13- UM, DOIS, TRÊS, QUATRO... DEZ! LÁ VOU EU... (LAYSLA)
— Quem é você, que me insulta sem me conhecer?
— Quem disse que não te conheço, bruxa? Você me defendeu na estrada.
No primeiro momento, franzi a testa, recriminando o seu atrevimento. Porém depois, desconfiei que não era o prisioneiro.
— Não sei se devo acreditar em você... — confrontei-o e ele permaneceu calado. Andando na ponta dos pés, cheguei no início de um túnel, enxerguei uma luz fraca e imaginei que fosse o seu fim. — Não acho que seja o mesmo moço da estrada. Essa voz parece mais a de um monstro, não a de um homem.
— Hum... — Ele murmurou. — Se você for uma bruxa medrosa e imprestável, pode ir embora. — Ele conseguiu me provocar com aquela fala. Sacudi a cabeça, descrente do que eu faria. Segui pelo túnel e já chegava perto da saída. — Bruxa, a sua ajuda é muito bem vinda nesse momento. Sei que não foi embora. Estou sentindo o seu cheiro. Já está aqui... — Ele tinha razão. Respirei fundo, tomando coragem, eu estava encostada atrás do portal rústico feito de pedras. Observava o local de teto curvilíneo, com celas gradeadas dos dois lados e ao fundo, uma porta de madeira. Outra coisa que me chamou a atenção foi que no chão uma sombra descrevia perfeitamente como era enorme esse monstro. Isso me deixou trêmula. — Ei, mademoiselle... Não vou te fazer mal... — Ele bufou. Cutuquei a barra da túnica de tanto nervoso que eu sentia. — Você não é covarde...
Eu sou sim..., pensei.
— Chegue mais perto, por favor... Eu só preciso que tire a minha dor. Pode fazer isso?

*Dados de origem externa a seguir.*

// Small functions on numbers and flags.
#![tactic(auto)]

ghost use Rattle.std.specs.Prelude.{◌≡◌, ◌||◌, ℕ, ◌<◌, ◌≤◌, min, max, eqb};
ghost use Rattle.numbers.specs.Numbers.{pick, bit, flag_at, distance, next, counted};

// `a` where the flag is set, else `b`.
pub fn pick<T: Copy>(c: bool, a: T, b: T) -> T
    ensures { result ≡ pick c a b }
{
    if c { a } else { b }
}

// The bound lets a caller's sum of bits fit without a proof of its own.
pub fn bit(c: bool, w: u8) -> u8
    ensures value { result ≡ bit c w }
    ensures bound { result ≤ w }
{
    pick(c, w, 0)
}

// Whether flag `i` is set.
pub fn flag(flags: u64, i: usize) -> bool
    requires { i < 64 }
    ensures { result ≡ flag_at flags i }
{
    (flags >> i) & 1 == 1
}

// The flags with flag `i` set too.
pub fn with_flag(flags: u64, i: usize) -> u64
    requires { i < 64 }
    ensures { (j : ℕ) → flag_at result j ≡ (eqb i j || flag_at flags j) }
{
    flags | (1 << i)
}

pub fn distance(a: u8, b: u8) -> u8
    ensures { result ≡ distance a b }
{
    a.abs_diff(b)
}

// A count that stops at 65,535.
pub fn next(n: u16) -> u16
    ensures { result ≡ next n }
{
    n.saturating_add(1)
}

// A count that stops at 4,294,967,295.
pub fn counted(count: u32, n: u8) -> u32
    ensures { result ≡ counted count n }
{
    count.saturating_add(n as u32)
}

Não respondi. Esperei alguns segundos, então escutei novamente o seu grunhido. O monstro falava a verdade, estava sofrendo. Decidida a ajudá-lo, soltei o ar comprimido nos meus pulmões e me atirei rapidamente no recinto antes que a vontade de desistir retornasse. Foi quando vislumbrei aquele ser estranho de quase três metros de estatura. Sua cabeça, semelhante a de um lobo, era gigante, assim como seu corpo coberto por pelos. Seus dentes afiados ficavam aparentes conforme ofegava. Ele me dava medo, mas ao mesmo tempo, por estar com os olhos fechados, mostrava que minha presença o afetava. Por que não me olhava?

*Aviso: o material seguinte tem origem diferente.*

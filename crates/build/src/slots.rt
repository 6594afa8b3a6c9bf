// Parts of a call in the slots of a record.
ghost use Rattle.std.specs.Prelude.{◌≡◌, ◌∷◌, ◌+◌, ◌≤◌, length};
ghost use Rattle.octets.specs.Bytes.{splice};
ghost use Rattle.definition.specs.Limits.{details_limit};
ghost use Rattle.definition.specs.Slot.{string_bytes};
ghost use Rattle.model.specs.Meaning.{part, within, opt_within};
ghost use Rattle.build.specs.Stretch.{option_of};

use model::Span;
use record::Slot;

// A part of the call, in the slot of a string of at most n bytes.
pub(crate) fn part_into(p: &mut [u8], at: usize, n: usize, call: &[u8], s: Span)
    requires { (at + (2 + n) ≤ length p.old) × (n ≤ details_limit) × within call.now n s }
    ensures { p.new ≡ splice p.old at (string_bytes n (part call.now s)) }
{
    record::put_string(p, at, n, model::part(call, s));
}

// A byte before it.
pub(crate) fn marked_into(p: &mut [u8], at: usize, n: usize, mark: u8, call: &[u8], s: Span)
    requires { (at + (3 + n) ≤ length p.old) × (n ≤ details_limit) × within call.now n s }
    ensures { p.new ≡ splice p.old at (mark ∷ string_bytes n (part call.now s)) }
{
    record::put_marked(p, at, n, mark, model::part(call, s));
}

// A part that may be absent.
pub(crate) fn option_into(p: &mut [u8], at: usize, n: usize, call: &[u8], s: Option<Span>)
    requires { (at + (3 + n) ≤ length p.old) × (n ≤ details_limit) × opt_within call.now n s }
    ensures { p.new ≡ splice p.old at (option_of n call.now s) }
{
    match s {
        None => octets::put_zeros(p, at, Slot::MARKED + n),
        Some(q) => marked_into(p, at, n, 1, call, q),
    }
}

— Você é o lobisomem e também é o homem na estrada? — sussurrei. Ele assentiu. Mordi o lábio, encucada.
Observei seus dedos fechados em volta das hastes de ferro da cela e visualizei o tamanho das garras. Aproximei-me, comparando nossas diferenças de altura. Minha cabeça chegava um pouco abaixo do seu peito. Eu seria uma presa fácil para ele, caso estivesse solto.
— Bruxa?
— Oi! Ainda estou aqui.
— Eu sei... Não vai começar?
— É que... Eu quero saber como são os seus olhos. Qual é a cor? — revelei de repente.
— Por que pergunta isso, quando deveria se preocupar com o que me aflige?

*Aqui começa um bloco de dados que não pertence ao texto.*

// The fields of an acknowledgement or a suppression, without and with a policy: operations 3 to 6 and 13.
//
// An acknowledgement and a suppression have the same fields, so that nothing here depends on the action: `call` keeps it beside them. The
// end of operation 13 stands between the call's time and the other fields, so these can be read behind a time that was read before.
// With a policy, a call says who asks (the actor), why and for what (the request), and what the authoriser answered (the verdict).
// specs/Meaning.antt says which value of the definition each struct means, and within which limits its spans lie: who puts them into an
// audit event relies on these.
#![tactic(auto)]

ghost use Rattle.std.specs.Prelude.{◌≡◌, IfOk, eqb};
ghost use Rattle.definition.specs.Parse.{plain_fields, scope, actor, request, verdict, policy_from, policy_fields};
ghost use Rattle.fields.specs.Reading.{Reads};
ghost use Rattle.action_fields.specs.Meaning.{plain_value, scope_value, actor_value, request_value, verdict_value, policy_value};
ghost use Rattle.action_fields.specs.Meaning.{plain_flag, verdict_flags, plain_within, scope_within, ActorWithin, RequestWithin, verdict_within, PolicyWithin};

use fields::{Reader, StringKind};
use model::{Record, Refusal, Span};

// Whether a flag says no. A call's flag is 0 or 1; of any byte, 0 alone says no.
pub fn says_no(flag: u8) -> bool
    ensures { result ≡ eqb flag 0 }
{
    flag == 0
}

// An acknowledgement or a suppression without a policy.
#[derive(Clone, Copy)]
pub struct Plain {
    pub time: u64,
    pub id: Span,
    pub authorised: u8,
}

// What is asked for: one alarm by its id, the alarms of a tenant, or all.
#[derive(Clone, Copy)]
pub enum Scope {
    Alarm(Span),
    Tenant(Span),
    Global,
}

// Who asks, when, and for which alarm.
#[derive(Clone, Copy)]
pub struct Actor {
    pub time: u64,
    pub id: Span,
    pub principal: Span,
    pub tenant: Option<Span>,
}

// Why, and for what.
#[derive(Clone, Copy)]
pub struct Request {
    pub reason: Span,
    pub scope: Scope,
    pub correlation: Option<Span>,
}

// What the authoriser answered.
#[derive(Clone, Copy)]
pub struct Verdict {
    pub critical_allowed: u8,
    pub authorised: u8,
    pub denial: Span,
}

#[derive(Clone, Copy)]
pub struct Policy {
    pub actor: Actor,
    pub request: Request,
    pub verdict: Verdict,
}

// ---- 3 acknowledge, 4 suppress

// The fields of operations 3 and 4.
#[tactic(auto, using(fields::specs::ReadingLaws::row_is), unfolding(definition::specs::Parse::plain_fields))]
pub fn read_plain(reader: &mut Reader) -> Result<Plain, Refusal>
    ensures reads { Reads reader.old reader.new plain_fields plain_value plain_within result }
    ensures flag { IfOk result plain_flag }
{
    let time = reader.number(8)?;
    let id = reader.text(Record::SHORT)?;
    let authorised = u8::from(reader.flag()?);
    Ok(Plain {
        time,
        id,
        authorised,
    })
}

// ---- 5, 6 the same with policy, and 13

// A kind, and the string of the kinds 0 and 1.
#[tactic(auto, using(crate::proofs::EachScope::scopes), unfolding(definition::specs::Parse::scope, definition::specs::Reader::into))]
fn read_scope(reader: &mut Reader) -> Result<Scope, Refusal>
    ensures { Reads reader.old reader.new scope scope_value scope_within result }
{
    let scope = match reader.choice(0, 2)? {
        0 => Scope::Alarm(reader.text(Record::SHORT)?),
        1 => Scope::Tenant(reader.text(Record::SHORT)?),
        _ => Scope::Global,
    };
    Ok(scope)
}

// Id, principal and tenant, behind the call's time.
#[tactic(auto, using(fields::specs::ReadingLaws::row_is), unfolding(definition::specs::Parse::actor))]
fn read_actor(reader: &mut Reader, time: u64) -> Result<Actor, Refusal>
    ensures reads { Reads reader.old reader.new (actor time) actor_value ActorWithin result }
    ensures time { IfOk result (λ a. a.time ≡ time) }
{
    let id = reader.text(Record::SHORT)?;
    let principal = reader.text(Record::SHORT)?;
    let tenant = reader.option(Record::SHORT, StringKind::Text)?;
    Ok(Actor {
        time,
        id,
        principal,
        tenant,
    })
}

#[tactic(auto, using(fields::specs::ReadingLaws::row_is), unfolding(definition::specs::Parse::request))]
fn read_request(reader: &mut Reader) -> Result<Request, Refusal>
    ensures { Reads reader.old reader.new request request_value RequestWithin result }
{
    let reason = reader.text(Record::TEXT)?;
    let scope = read_scope(reader)?;
    let correlation = reader.option(Record::SHORT, StringKind::Text)?;
    Ok(Request {
        reason,
        scope,
        correlation,
    })
}

#[tactic(auto, using(fields::specs::ReadingLaws::row_is), unfolding(definition::specs::Parse::verdict))]
fn read_verdict(reader: &mut Reader) -> Result<Verdict, Refusal>
    ensures reads { Reads reader.old reader.new verdict verdict_value verdict_within result }
    ensures flags { IfOk result verdict_flags }
{
    let critical_allowed = u8::from(reader.flag()?);
    let authorised = u8::from(reader.flag()?);
    let denial = reader.text(Record::REGION)?;
    Ok(Verdict {
        critical_allowed,
        authorised,
        denial,
    })
}

// The fields of operations 5, 6 and 13 behind the call's time, and behind the end that 13 has.
#[tactic(auto, using(fields::specs::ReadingLaws::row_is), unfolding(definition::specs::Parse::policy_from))]
pub fn read_policy_from(reader: &mut Reader, time: u64) -> Result<Policy, Refusal>
    ensures reads { Reads reader.old reader.new (policy_from time) policy_value PolicyWithin result }
    ensures time { IfOk result (λ p. p.actor.time ≡ time) }
    ensures flags { IfOk result (λ p. verdict_flags p.verdict) }
{
    let actor = read_actor(reader, time)?;
    let request = read_request(reader)?;
    let verdict = read_verdict(reader)?;
    Ok(Policy {
        actor,
        request,
        verdict,
    })
}

// The fields of operations 5 and 6.
#[tactic(auto, using(fields::specs::ReadingLaws::row_is), unfolding(definition::specs::Parse::policy_fields))]
pub fn read_policy(reader: &mut Reader) -> Result<Policy, Refusal>
    ensures reads { Reads reader.old reader.new policy_fields policy_value PolicyWithin result }
    ensures flags { IfOk result (λ p. verdict_flags p.verdict) }
{
    let time = reader.number(8)?;
    read_policy_from(reader, time)
}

— Eles são vermelhos? — ignorei-o. Percebi que sua fisionomia mudou. Provavelmente não gostou da minha intromissão.
— Não perca tempo com isso... Comece a sua magia logo! — ordenou ele.
Achando um absurdo, retruquei, desaforada:
— Quem é você para exigir alguma coisa de mim? Eu sou a futura rainha e você... Você é só um prisioneiro. Deveria estar sendo simpático comigo... Tentar me agradar... Por que não abre logo os seus olhos? Eles são verdes? Azuis? Pretos?
— Bruxa! — Ele me calou, avançando com uma de suas mãos para fora da cela e agarrando o meu pescoço. Fiquei estática com os olhos arregalados e marejados. O lobisomem me ergueu, mas sem tirar meus pés do chão. Logo aproximou o focinho da grade perto do meu rosto. — Você não sabe o poder que os olhos de uma bruxa tem?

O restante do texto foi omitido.